### Your task:
A single stretch of the material below is to be transcribed exactly, starting at the line with "to sixteen bits." and ending after the line with "pub mod line;".

### Dataset extract:
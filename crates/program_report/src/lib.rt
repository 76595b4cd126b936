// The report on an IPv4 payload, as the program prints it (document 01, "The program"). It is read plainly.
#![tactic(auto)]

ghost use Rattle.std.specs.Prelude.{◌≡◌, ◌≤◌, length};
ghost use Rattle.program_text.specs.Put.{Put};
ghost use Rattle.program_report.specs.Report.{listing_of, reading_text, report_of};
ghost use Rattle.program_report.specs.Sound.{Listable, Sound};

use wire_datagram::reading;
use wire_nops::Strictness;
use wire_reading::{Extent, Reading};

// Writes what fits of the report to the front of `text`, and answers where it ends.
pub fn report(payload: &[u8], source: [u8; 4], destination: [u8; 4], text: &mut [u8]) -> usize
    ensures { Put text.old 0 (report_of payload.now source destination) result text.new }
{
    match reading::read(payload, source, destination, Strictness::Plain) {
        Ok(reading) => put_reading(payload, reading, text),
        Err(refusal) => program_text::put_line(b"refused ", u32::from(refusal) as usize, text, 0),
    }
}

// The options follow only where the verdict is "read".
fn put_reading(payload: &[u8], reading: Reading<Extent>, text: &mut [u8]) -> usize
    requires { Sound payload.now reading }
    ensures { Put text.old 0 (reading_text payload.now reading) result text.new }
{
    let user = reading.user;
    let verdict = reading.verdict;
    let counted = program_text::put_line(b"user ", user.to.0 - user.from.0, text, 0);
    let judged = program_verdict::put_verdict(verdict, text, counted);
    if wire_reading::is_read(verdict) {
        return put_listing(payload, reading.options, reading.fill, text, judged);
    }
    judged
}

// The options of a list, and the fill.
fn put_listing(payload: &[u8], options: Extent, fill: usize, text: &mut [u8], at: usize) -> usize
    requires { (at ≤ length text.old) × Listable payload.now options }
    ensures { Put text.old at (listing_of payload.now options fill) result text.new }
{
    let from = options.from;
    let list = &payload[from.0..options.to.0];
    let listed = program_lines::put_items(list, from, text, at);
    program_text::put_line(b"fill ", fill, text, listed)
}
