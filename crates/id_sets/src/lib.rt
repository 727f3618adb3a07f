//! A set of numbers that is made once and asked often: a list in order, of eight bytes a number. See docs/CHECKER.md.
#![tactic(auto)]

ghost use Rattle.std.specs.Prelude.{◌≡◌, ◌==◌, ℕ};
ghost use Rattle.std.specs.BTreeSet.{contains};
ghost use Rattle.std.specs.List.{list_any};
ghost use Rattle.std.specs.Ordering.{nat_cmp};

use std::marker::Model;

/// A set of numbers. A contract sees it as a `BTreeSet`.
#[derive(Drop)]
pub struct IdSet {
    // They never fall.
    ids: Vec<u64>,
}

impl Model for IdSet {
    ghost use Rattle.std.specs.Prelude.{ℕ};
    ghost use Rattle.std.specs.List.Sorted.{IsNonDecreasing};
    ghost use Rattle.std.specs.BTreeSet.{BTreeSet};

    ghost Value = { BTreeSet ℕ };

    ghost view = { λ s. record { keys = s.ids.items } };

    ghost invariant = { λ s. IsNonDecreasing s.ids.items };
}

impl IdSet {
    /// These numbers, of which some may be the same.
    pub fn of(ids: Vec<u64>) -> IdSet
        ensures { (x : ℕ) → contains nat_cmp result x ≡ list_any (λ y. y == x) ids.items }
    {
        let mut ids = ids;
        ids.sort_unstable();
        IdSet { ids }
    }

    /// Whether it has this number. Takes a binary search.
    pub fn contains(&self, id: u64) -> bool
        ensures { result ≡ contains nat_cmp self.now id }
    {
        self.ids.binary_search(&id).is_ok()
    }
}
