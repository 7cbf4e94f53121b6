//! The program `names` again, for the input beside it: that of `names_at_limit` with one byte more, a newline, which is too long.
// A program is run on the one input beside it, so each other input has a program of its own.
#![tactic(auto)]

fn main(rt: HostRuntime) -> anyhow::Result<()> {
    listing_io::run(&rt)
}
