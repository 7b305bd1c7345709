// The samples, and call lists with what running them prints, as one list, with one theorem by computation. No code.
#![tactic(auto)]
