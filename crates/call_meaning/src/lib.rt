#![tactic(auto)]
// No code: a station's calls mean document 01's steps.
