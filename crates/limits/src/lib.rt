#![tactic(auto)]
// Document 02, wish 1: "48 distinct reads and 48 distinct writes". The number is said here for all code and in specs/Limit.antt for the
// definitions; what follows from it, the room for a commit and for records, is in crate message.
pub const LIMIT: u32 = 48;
...
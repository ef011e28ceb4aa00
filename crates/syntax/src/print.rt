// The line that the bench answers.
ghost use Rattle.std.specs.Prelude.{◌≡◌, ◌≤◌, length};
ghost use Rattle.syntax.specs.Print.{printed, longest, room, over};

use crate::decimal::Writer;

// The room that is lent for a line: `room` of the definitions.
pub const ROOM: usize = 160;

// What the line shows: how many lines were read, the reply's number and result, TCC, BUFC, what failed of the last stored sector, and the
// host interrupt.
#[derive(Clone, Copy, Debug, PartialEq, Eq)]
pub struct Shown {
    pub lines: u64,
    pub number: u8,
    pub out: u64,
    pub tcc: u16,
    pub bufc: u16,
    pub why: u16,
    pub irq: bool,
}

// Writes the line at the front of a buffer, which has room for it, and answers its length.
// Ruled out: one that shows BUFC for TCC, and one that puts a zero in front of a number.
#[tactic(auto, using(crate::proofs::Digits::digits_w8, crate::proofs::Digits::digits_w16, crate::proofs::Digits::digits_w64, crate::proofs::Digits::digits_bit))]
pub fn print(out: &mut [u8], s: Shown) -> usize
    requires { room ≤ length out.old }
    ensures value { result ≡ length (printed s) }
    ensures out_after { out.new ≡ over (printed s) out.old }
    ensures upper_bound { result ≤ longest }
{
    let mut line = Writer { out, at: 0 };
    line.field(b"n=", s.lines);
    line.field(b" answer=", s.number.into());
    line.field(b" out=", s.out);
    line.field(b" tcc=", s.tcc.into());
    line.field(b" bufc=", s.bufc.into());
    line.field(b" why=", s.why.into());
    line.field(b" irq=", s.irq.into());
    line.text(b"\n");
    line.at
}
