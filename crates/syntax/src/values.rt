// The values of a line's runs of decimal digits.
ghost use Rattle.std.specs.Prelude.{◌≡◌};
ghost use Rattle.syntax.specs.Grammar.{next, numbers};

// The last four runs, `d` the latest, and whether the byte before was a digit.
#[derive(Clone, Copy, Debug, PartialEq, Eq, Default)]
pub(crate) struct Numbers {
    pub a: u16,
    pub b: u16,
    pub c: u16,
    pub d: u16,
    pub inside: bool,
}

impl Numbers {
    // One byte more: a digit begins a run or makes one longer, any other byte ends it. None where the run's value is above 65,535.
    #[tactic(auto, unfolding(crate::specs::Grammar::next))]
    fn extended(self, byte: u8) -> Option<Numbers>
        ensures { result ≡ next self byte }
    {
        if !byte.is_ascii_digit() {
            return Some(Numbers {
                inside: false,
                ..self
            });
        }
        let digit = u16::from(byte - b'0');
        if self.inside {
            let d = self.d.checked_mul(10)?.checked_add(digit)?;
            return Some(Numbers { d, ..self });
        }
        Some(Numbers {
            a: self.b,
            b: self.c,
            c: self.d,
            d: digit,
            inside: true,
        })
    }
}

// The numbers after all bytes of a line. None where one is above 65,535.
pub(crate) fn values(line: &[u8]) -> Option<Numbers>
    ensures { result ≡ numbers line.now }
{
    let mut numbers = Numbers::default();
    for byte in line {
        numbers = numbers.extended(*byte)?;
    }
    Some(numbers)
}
* * *
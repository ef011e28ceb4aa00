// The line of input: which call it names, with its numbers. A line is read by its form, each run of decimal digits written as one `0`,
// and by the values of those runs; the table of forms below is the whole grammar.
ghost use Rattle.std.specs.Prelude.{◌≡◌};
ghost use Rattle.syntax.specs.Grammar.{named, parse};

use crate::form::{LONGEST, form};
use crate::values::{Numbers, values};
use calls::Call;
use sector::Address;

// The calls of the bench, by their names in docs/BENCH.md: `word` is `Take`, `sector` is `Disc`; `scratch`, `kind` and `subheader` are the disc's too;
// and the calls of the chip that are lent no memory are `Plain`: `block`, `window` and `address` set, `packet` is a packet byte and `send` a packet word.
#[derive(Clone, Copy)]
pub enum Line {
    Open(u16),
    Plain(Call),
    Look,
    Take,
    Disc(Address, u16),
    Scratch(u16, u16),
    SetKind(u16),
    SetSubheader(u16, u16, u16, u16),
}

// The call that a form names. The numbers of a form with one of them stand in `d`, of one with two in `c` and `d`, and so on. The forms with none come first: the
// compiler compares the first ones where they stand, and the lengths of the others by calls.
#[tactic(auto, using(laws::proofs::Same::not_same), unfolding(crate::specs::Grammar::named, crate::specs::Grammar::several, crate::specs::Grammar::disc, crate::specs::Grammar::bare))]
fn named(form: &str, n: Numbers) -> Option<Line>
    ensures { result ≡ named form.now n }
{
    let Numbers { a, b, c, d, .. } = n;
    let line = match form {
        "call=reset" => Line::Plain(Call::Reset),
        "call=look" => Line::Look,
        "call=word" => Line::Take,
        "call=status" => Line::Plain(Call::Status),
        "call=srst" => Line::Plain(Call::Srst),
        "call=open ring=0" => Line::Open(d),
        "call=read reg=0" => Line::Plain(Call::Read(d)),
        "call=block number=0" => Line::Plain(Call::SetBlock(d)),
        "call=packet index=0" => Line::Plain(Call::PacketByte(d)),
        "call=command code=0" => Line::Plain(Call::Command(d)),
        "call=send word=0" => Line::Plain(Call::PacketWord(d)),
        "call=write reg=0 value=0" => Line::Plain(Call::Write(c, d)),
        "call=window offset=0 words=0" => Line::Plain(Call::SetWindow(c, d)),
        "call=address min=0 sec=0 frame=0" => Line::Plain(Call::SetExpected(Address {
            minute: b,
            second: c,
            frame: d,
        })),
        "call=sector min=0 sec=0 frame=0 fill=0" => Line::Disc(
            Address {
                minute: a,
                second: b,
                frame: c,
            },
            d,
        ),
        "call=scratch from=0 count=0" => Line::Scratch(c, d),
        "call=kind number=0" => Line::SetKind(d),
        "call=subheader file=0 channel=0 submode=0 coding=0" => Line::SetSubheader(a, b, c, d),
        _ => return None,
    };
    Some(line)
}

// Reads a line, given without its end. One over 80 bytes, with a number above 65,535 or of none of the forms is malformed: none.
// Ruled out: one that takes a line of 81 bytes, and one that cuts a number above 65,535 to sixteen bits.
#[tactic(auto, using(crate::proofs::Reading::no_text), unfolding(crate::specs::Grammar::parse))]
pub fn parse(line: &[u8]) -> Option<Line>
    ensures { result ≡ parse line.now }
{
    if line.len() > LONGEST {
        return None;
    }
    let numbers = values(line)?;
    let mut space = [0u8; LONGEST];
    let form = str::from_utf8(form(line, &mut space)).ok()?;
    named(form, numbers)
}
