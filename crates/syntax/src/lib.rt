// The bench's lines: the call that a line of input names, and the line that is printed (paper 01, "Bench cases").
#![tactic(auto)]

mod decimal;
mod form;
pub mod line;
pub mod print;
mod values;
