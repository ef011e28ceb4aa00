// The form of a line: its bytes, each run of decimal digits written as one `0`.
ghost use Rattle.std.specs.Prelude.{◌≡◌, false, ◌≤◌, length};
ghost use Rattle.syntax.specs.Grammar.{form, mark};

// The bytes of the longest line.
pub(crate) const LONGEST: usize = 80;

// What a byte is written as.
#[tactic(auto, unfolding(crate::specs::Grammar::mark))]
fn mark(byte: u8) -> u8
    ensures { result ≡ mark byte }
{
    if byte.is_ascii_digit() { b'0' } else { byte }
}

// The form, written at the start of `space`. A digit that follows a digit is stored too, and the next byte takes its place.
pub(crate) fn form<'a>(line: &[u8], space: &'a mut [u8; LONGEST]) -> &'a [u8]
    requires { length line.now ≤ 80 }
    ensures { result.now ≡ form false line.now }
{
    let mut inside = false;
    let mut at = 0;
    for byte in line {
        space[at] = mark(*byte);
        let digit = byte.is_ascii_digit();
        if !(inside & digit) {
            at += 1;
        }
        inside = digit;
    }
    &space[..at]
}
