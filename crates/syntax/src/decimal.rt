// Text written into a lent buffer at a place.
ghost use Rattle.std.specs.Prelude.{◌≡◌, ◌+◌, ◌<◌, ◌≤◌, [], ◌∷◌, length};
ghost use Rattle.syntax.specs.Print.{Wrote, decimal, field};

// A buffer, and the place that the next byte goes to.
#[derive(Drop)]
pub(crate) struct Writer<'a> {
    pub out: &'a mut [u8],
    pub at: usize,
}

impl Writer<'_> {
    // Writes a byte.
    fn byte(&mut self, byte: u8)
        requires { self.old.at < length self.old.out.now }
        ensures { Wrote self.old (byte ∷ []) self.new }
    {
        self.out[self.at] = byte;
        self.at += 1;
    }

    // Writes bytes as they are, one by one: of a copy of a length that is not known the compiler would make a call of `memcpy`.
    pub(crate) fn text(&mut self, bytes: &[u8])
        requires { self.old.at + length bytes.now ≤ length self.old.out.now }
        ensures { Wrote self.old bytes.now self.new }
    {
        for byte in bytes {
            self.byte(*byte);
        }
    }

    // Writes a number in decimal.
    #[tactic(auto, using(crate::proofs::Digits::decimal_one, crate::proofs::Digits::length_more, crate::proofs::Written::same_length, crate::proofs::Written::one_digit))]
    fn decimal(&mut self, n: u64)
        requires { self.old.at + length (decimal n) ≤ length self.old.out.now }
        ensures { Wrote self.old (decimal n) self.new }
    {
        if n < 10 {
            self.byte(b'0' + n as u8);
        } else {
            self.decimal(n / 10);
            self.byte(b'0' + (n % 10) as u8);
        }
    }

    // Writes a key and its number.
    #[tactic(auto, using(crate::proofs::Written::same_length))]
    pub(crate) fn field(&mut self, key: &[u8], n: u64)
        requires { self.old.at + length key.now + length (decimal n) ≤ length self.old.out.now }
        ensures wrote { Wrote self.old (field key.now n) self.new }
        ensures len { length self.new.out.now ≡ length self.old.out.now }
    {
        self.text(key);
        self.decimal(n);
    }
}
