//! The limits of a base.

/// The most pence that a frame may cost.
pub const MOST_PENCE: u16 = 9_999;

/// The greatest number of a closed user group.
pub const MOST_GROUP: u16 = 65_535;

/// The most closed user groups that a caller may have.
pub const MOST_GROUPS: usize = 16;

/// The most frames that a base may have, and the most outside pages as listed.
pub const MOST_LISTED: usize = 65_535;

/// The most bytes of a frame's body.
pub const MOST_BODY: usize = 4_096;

### Response for this exercise:
// Ruled out: one that takes a line of 81 bytes, and one that cuts a number above 65,535 to sixteen bits.
#[tactic(auto, using(crate::proofs::Reading::no_text), unfolding(crate::specs::Grammar::parse))]
pub fn parse(line: &[u8]) -> Option<Line>
    ensures { result ≡ parse line.now }
{
    if line.len() > LONGEST {
        return None;
    }
    let numbers = values(line)?;
    let mut space = [0u8; LONGEST];
    let form = str::from_utf8(form(line, &mut space)).ok()?;
    named(form, numbers)
}
filename crates/syntax/src/lib.rt
// The bench's lines: the call that a line of input names, and the line that is printed (paper 01, "Bench cases").
#![tactic(auto)]

mod decimal;
mod form;
pub mod line;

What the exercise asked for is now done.